We have always felt educating the next generation is an important aspect of our business and industry. Offering continuing education to our team members through the Door and Hardware Institute (DHI), the Construction Specifications Institute (CSI), among other organizations on key programs related to safety and security issues is another key step.

DHI’s Safety & Security Foundation (DSSF) also encourages and attracts new talent to the industry and gives them the training, tools and education to help them be successful. It was an easy decision to partner with the Foundation and establish the Hager Companies Scholarship.

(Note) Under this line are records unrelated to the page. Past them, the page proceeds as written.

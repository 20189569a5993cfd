//! A hold inside a hold.
ghost use Rattle.std.specs.Prelude.{◌≡◌, [], ◌∷◌, ◌++◌, OnOk};
ghost use Rattle.chronicle.specs.Locks.{lock_of};
ghost use Rattle.chronicle.specs.Passes.{IsReady, number_of, own_entries};
ghost use Rattle.chronicle_keeper.specs.Additions.{HasAdded};

use crate::tally::{Refused, Tally};
use chronicle::{Chronicle, Pass};
use std::sync::Wait;

/// Who has a pass of each of two locks.
#[derive(Drop)]
pub struct Owner {
    pub outer: Pass<u64>,
    pub inner: Pass<u64>,
}

/// Adds a number to both tallies, under the lock of the outer one for as long as it takes.
/// The inner lock is taken inside that hold alone, so if all go this way, both logs have one order. If one of the
/// two refuses, the other may have the number.
pub fn add_to_both<R: Wait>(
    rt: &R,
    outer: &Chronicle<Tally>,
    inner: &Chronicle<Tally>,
    owner: &mut Owner,
    value: u64,
) -> Result<(), Refused>
    requires outer { IsReady (lock_of outer.now) owner.old.outer }
    requires inner { IsReady (lock_of inner.now) owner.old.inner }
    ensures outer { IsReady (lock_of outer.now) owner.new.outer }
    ensures inner { IsReady (lock_of inner.now) owner.new.inner }
    ensures outer_added { HasAdded value 1 owner.old.outer owner.new.outer }
    ensures inner_added { HasAdded value 1 owner.old.inner owner.new.inner }
    ensures outer_own { OnOk result (own_entries owner.new.outer ≡ own_entries owner.old.outer
        ++ (number_of owner.old.outer, value) ∷ []) }
    ensures inner_own { OnOk result (own_entries owner.new.inner ≡ own_entries owner.old.inner
        ++ (number_of owner.old.inner, value) ∷ []) }
{
    let outer_author = owner.outer.number();
    let inner_author = owner.inner.number();
    let mut outside = outer.enter(rt, &mut owner.outer);
    let mut inside = inner.enter(rt, &mut owner.inner);
    let inner_added = inside.state().add(inner_author, value);
    let outer_added = outside.state().add(outer_author, value);
    inside.leave(&mut owner.inner);
    outside.leave(&mut owner.outer);
    inner_added?;
    outer_added
}
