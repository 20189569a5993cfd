//! An example of a user of `chronicle`, with the tests of that lock: a tally that threads share.
//!
//! Threads add numbers to one tally, each under the number of its own pass. What each of them added is in the tally's
//! log, once and in the order in which it added, and nobody else's entry has its number. Besides that: a note that
//! meets its pass, a hold inside a hold, and a machine that keeps a note of another lock.
#![tactic(auto)]

mod adding;
mod nested_holds;
mod noted;
mod tally;

pub use adding::{add, add_range, tallied, total};
pub use nested_holds::{Owner, add_to_both};
pub use noted::{Noted, five_noted, with_note};
pub use tally::{Refused, Tally};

This year we congratulate Alison Nugent, a senior detailer with DH Pace in Olathe, Kansas as the winner of the Hager Companies Scholarship! Alison answered a few questions DHI put forth to all the winners in November’s issue of Doors + Hardware Magazine and we wanted to share her responses here.

How did you get started in the door and hardware industry?
I returned from a summer internship in the United Kingdom and was looking for a full-time position.

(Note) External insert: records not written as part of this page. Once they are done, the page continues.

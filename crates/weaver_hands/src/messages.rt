//! Messages: pulled from a gatekeeper to a shard, and processed there.
ghost use Rattle.std.specs.Prelude.{◌≡◌, ◌<◌, ◌≤◌};
ghost use Rattle.weaver_locks.specs.Hands.{IsHand};
ghost use Rattle.weaver_locks.specs.Locks.{gate_count, shard_count};
ghost use Rattle.weaver_hands.specs.Messages.{is_sent, pulled_by, AppliesAs, BringsAs, PullsAs};

use crate::fault::{HandFault, of_shard};
use crate::lower_laws::arrivals_keep_their_laws;
use seen_logs::laws::more_is_seen;
use shard_queue::Arrival;
use std::alloc::Global;
use std::sync::Wait;
use weaver_locks::{Hand, Shared};

/// What came of a message that was to be brought from a gatekeeper to a shard.
#[derive(Clone, Copy, PartialEq, Eq, Debug)]
pub enum Pulled {
    /// The gatekeeper had not sent it.
    Unsent,
    /// It had arrived at the shard before.
    Known,
    /// It arrived by this call.
    New,
}

/// Brings the message of this number from a gatekeeper to a shard, and answers whether it was sent, and whether it had
/// arrived before. It may wait.
pub fn bring<R: Wait>(
    rt: &R,
    alloc: Global,
    hand: &mut Hand,
    shared: &Shared,
    gate: u32,
    shard: u32,
    number: u64,
) -> Result<Pulled, HandFault>
    requires hand { IsHand shared.now hand.old }
    requires gate { gate < gate_count shared.now }
    requires shard { shard < shard_count shared.now }
    requires number { 1 ≤ number }
    ensures hand { IsHand shared.now hand.new }
    ensures brought { BringsAs (shard_count shared.now) hand.old hand.new gate shard number result }
{
    arrivals_keep_their_laws();
    more_is_seen();
    let Some(message) = shared.fetch(rt, alloc, hand, gate, shard, number)? else {
        return Ok(Pulled::Unsent);
    };
    let arrival = shared.arrive(rt, alloc, hand, shard, gate, number, message)?;
    Ok(of_arrival(arrival))
}

/// Brings the message of this number from a gatekeeper to a shard, and answers whether it was sent. It may have arrived
/// before. It may wait.
pub fn pull<R: Wait>(
    rt: &R,
    alloc: Global,
    hand: &mut Hand,
    shared: &Shared,
    gate: u32,
    shard: u32,
    number: u64,
) -> Result<bool, HandFault>
    requires hand { IsHand shared.now hand.old }
    requires gate { gate < gate_count shared.now }
    requires shard { shard < shard_count shared.now }
    requires number { 1 ≤ number }
    ensures hand { IsHand shared.now hand.new }
    ensures pulled { PullsAs (shard_count shared.now) hand.old hand.new gate shard number result }
{
    match bring(rt, alloc, hand, shared, gate, shard, number) {
        Ok(pulled) => Ok(was_sent(pulled)),
        Err(fault) => Err(fault),
    }
}

// Whether the message was sent.
fn was_sent(pulled: Pulled) -> bool
    ensures { result ≡ is_sent pulled }
{
    match pulled {
        Pulled::Unsent => false,
        Pulled::Known => true,
        Pulled::New => true,
    }
}

// What came of a message that the shard took in so.
fn of_arrival(arrival: Arrival) -> Pulled
    ensures { result ≡ pulled_by arrival }
{
    match arrival {
        Arrival::Kept => Pulled::New,
        Arrival::Repeat => Pulled::Known,
    }
}

/// Processes the head of a gatekeeper's channel at a shard. It may wait.
pub fn apply<R: Wait>(
    rt: &R,
    alloc: Global,
    hand: &mut Hand,
    shared: &Shared,
    shard: u32,
    gate: u32,
) -> Result<(), HandFault>
    requires hand { IsHand shared.now hand.old }
    requires shard { shard < shard_count shared.now }
    requires gate { gate < gate_count shared.now }
    ensures hand { IsHand shared.now hand.new }
    ensures applied { AppliesAs (shard_count shared.now) hand.old hand.new shard gate result }
{
    match shared.apply(rt, alloc, hand, shard, gate) {
        Ok(()) => Ok(()),
        Err(fault) => Err(of_shard(&fault)),
    }
}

What is the most rewarding aspect of your job?
I enjoy providing a service that helps create functional buildings that meet the needs of people who use them every day. While the industry can be challenging, I enjoy being a technical resource for architects and general contractors.

How do you de-stress?
I de-stress by cleaning and organizing things. I also enjoy exercising and playing sports.

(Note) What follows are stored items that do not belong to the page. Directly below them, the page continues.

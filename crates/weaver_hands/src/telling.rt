//! Clocks and empty messages.
ghost use Rattle.std.specs.Prelude.{◌<◌};
ghost use Rattle.weaver_locks.specs.Hands.{IsHand};
ghost use Rattle.weaver_locks.specs.Locks.{gate_count, shard_count};
ghost use Rattle.weaver_hands.specs.Telling.{NopsAs, TellsAs};

use crate::fault::{HandFault, of_gate};
use seen_logs::laws::more_is_seen;
use std::alloc::Global;
use std::sync::Wait;
use weaver_locks::{Hand, Shared};

/// A gatekeeper hears the clock of another, as that one says it now. It may wait.
pub fn say_and_hear<R: Wait>(
    rt: &R,
    alloc: Global,
    hand: &mut Hand,
    shared: &Shared,
    from: u32,
    to: u32,
) -> Result<(), HandFault>
    requires hand { IsHand shared.now hand.old }
    requires from { from < gate_count shared.now }
    requires to { to < gate_count shared.now }
    ensures hand { IsHand shared.now hand.new }
    ensures told { TellsAs (shard_count shared.now) hand.old hand.new from to result }
{
    more_is_seen();
    let clock = shared.say(rt, hand, from);
    shared.hear(rt, alloc, hand, to, &clock)?;
    Ok(())
}

/// A gatekeeper sends an empty message to a shard. It may wait.
pub fn nop<R: Wait>(
    rt: &R,
    alloc: Global,
    hand: &mut Hand,
    shared: &Shared,
    gate: u32,
    shard: u32,
) -> Result<(), HandFault>
    requires hand { IsHand shared.now hand.old }
    requires gate { gate < gate_count shared.now }
    requires shard { shard < shard_count shared.now }
    ensures hand { IsHand shared.now hand.new }
    ensures sent { NopsAs (shard_count shared.now) hand.old hand.new gate shard result }
{
    match shared.nop(rt, alloc, hand, gate, shard) {
        Ok(_) => Ok(()),
        Err(fault) => Err(of_gate(fault)),
    }
}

If you weren’t a door security and safety professional, what would you be?
I would work in a position in the sports industry. I grew up playing a lot of sports and I am a big sports fan.

Who is your mentor/hero?
My mentor was my late co-worker Steve Holden. Steve had over 30 years’ experience in this industry and was full of knowledge. He was an incredible resource and person and I am thankful for everything he taught me.

What is your advice to someone considering taking DHI technical education?
The DHI technical education is a big commitment, but worth the effort. While it can seem overwhelming, focus on completing one class at a time. That has helped me stay motivated to achieve my overall goal.

What is the best advice you’ve ever received?
Something that my family, friends, teachers and co-workers have all shared: Do not be afraid to ask questions.” Asking questions demonstrates a desire to learn and grow. I have learned a lot by asking questions and will continue to do that throughout my career.

Congratulations and wishing you continued success Alison! You can read about all the winners on DSSF website here.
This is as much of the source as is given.